Stored data
* * *

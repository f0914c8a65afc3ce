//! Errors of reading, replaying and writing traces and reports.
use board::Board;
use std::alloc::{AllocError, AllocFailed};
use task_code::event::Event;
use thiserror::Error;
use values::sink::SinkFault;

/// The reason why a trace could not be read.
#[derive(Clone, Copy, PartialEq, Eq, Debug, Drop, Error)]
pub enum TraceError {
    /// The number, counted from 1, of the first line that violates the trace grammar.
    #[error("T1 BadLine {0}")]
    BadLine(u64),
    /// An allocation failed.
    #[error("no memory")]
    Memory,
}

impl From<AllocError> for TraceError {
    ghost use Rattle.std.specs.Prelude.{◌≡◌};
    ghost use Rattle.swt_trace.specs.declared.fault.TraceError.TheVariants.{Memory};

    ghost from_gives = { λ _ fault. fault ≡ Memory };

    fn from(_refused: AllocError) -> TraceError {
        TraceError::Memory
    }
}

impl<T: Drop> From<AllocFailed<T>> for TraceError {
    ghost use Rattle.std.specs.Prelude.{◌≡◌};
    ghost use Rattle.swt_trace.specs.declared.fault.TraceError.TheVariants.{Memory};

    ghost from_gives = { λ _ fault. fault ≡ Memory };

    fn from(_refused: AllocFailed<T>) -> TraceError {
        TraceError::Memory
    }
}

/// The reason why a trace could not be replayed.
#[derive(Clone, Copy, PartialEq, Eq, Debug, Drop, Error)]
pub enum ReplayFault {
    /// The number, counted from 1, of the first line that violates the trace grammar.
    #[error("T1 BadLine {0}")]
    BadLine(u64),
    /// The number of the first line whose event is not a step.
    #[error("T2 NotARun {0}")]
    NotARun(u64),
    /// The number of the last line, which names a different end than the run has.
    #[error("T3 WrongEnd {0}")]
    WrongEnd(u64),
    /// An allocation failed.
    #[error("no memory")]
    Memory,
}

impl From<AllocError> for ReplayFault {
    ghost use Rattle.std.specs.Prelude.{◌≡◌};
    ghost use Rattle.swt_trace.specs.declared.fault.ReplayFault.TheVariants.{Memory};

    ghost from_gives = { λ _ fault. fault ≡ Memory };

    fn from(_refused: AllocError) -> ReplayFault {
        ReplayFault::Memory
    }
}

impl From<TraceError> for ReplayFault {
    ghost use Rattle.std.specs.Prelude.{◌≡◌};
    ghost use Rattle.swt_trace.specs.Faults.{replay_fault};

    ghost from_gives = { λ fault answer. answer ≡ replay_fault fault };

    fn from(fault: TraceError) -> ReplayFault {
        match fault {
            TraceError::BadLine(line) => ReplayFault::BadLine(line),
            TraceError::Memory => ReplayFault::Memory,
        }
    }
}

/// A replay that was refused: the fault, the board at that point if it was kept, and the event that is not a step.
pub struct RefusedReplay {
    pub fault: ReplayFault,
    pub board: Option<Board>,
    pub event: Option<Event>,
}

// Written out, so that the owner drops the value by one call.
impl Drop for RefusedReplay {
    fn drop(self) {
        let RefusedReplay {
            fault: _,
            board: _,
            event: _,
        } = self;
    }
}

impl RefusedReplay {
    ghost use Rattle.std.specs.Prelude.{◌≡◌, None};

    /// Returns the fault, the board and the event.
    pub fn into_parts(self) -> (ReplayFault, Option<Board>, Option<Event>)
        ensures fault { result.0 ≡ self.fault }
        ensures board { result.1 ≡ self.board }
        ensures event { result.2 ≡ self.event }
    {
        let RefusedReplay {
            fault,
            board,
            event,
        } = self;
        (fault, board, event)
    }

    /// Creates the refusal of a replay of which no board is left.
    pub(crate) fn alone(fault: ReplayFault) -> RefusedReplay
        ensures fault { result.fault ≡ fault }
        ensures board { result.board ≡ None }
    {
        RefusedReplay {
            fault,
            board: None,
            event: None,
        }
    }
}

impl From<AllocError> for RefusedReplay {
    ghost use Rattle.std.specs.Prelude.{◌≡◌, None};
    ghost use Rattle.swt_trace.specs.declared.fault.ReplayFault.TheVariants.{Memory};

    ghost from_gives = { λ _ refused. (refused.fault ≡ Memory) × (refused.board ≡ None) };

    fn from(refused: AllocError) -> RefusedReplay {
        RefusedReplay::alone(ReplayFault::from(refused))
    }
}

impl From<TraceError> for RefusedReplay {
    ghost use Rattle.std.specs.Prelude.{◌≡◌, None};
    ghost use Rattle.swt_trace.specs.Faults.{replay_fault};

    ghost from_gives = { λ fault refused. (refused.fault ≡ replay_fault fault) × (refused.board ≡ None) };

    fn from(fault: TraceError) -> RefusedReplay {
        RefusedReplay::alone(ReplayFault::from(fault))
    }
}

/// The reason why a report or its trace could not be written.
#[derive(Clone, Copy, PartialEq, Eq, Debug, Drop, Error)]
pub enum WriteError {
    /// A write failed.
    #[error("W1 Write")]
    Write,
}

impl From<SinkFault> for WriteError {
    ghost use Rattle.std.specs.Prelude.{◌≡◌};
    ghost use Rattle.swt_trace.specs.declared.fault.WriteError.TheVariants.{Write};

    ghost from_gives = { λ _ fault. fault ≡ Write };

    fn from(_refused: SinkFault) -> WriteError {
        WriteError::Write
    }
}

* * *

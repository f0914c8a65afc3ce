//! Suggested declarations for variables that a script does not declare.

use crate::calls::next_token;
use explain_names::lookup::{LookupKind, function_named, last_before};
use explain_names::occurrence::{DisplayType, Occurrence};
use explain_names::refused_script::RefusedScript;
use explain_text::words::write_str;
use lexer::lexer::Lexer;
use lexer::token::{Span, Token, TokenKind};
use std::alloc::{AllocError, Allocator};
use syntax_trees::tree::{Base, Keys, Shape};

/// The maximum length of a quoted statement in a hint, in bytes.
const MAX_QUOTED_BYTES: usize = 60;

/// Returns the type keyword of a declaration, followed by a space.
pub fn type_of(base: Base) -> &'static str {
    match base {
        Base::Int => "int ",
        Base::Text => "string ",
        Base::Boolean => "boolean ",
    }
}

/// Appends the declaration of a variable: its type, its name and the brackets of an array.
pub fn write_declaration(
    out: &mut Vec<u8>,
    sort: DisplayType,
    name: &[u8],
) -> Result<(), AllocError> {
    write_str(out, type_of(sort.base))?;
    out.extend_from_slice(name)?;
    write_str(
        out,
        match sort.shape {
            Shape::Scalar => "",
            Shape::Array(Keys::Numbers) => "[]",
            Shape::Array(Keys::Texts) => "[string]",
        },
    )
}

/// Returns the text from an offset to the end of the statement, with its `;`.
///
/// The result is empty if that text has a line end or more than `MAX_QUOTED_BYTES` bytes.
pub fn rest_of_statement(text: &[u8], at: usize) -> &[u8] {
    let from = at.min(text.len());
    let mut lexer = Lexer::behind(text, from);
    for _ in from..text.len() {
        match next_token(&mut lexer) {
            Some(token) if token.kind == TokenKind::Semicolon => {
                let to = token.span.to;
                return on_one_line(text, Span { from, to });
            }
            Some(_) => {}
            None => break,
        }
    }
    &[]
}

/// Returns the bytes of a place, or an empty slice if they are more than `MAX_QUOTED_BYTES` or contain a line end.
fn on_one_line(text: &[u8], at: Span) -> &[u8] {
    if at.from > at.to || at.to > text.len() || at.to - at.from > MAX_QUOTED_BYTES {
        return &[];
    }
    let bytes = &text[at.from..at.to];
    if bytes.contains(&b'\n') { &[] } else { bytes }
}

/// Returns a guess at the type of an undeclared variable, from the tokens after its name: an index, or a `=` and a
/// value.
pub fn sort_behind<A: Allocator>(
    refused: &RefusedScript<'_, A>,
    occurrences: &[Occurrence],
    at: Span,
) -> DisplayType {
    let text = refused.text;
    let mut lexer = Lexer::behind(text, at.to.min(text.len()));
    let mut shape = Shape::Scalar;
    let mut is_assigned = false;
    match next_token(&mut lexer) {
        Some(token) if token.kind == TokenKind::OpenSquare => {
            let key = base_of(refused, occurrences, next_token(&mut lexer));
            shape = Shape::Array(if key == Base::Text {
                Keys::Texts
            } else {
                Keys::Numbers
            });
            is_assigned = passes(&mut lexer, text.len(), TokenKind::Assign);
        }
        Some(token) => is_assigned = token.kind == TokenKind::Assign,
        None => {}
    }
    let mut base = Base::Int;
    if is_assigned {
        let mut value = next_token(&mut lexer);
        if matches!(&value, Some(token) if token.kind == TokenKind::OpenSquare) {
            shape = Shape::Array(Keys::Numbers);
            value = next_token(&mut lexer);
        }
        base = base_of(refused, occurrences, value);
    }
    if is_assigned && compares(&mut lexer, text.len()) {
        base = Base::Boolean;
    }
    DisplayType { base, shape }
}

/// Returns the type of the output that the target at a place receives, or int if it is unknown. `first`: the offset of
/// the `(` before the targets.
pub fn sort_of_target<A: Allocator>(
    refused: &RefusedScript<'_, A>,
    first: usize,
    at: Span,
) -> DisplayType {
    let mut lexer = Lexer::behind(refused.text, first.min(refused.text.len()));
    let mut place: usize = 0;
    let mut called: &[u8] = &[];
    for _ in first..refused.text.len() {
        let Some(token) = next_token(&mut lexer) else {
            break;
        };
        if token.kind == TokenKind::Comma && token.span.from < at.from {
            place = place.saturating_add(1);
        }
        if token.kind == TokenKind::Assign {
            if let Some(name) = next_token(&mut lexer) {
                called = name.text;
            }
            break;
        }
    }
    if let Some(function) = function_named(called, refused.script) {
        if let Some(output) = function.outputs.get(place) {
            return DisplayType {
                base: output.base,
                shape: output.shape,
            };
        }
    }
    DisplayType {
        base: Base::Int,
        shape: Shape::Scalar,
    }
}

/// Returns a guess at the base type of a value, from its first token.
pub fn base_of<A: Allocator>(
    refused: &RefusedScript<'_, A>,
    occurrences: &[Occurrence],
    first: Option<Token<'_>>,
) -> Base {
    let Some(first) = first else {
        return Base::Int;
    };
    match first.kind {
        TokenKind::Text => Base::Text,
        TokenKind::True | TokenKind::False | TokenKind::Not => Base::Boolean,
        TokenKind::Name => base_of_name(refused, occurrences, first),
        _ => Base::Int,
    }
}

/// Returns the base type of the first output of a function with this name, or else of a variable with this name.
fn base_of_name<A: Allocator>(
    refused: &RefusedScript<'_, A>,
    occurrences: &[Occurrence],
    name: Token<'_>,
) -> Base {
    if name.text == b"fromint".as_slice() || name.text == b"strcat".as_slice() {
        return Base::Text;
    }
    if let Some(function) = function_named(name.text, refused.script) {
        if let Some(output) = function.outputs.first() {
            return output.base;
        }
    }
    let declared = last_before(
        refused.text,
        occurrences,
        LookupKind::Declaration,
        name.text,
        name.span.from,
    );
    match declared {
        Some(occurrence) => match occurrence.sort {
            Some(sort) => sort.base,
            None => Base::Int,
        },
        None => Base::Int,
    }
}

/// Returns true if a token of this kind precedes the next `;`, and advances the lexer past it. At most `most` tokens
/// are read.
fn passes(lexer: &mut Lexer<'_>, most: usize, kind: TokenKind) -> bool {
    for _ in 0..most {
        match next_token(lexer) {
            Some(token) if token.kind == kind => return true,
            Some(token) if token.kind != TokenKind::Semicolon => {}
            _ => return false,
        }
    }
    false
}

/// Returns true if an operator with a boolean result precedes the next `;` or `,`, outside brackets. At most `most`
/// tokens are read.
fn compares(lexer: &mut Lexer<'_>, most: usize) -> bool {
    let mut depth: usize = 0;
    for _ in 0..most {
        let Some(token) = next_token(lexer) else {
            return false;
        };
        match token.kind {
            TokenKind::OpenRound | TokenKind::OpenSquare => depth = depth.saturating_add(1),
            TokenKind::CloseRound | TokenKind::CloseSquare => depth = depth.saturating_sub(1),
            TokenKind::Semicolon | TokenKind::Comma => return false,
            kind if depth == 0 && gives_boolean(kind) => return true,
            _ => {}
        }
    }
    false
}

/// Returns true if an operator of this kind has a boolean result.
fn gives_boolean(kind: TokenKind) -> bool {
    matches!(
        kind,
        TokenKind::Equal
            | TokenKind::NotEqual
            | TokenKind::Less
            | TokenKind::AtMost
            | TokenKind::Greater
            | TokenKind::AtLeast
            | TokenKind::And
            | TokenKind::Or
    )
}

* * *

:: Action item ::
Extract from the records above the lines from the one containing "let mut called: &[u8] = &[];" to the one containing "if token.kind == TokenKind::Assign", both lines included, exactly as they appear and with nothing else.

:: Solution for this problem ::
    let mut called: &[u8] = &[];
    for _ in first..refused.text.len() {
        let Some(token) = next_token(&mut lexer) else {
            break;
        };
        if token.kind == TokenKind::Comma && token.span.from < at.from {
            place = place.saturating_add(1);
        }
        if token.kind == TokenKind::Assign {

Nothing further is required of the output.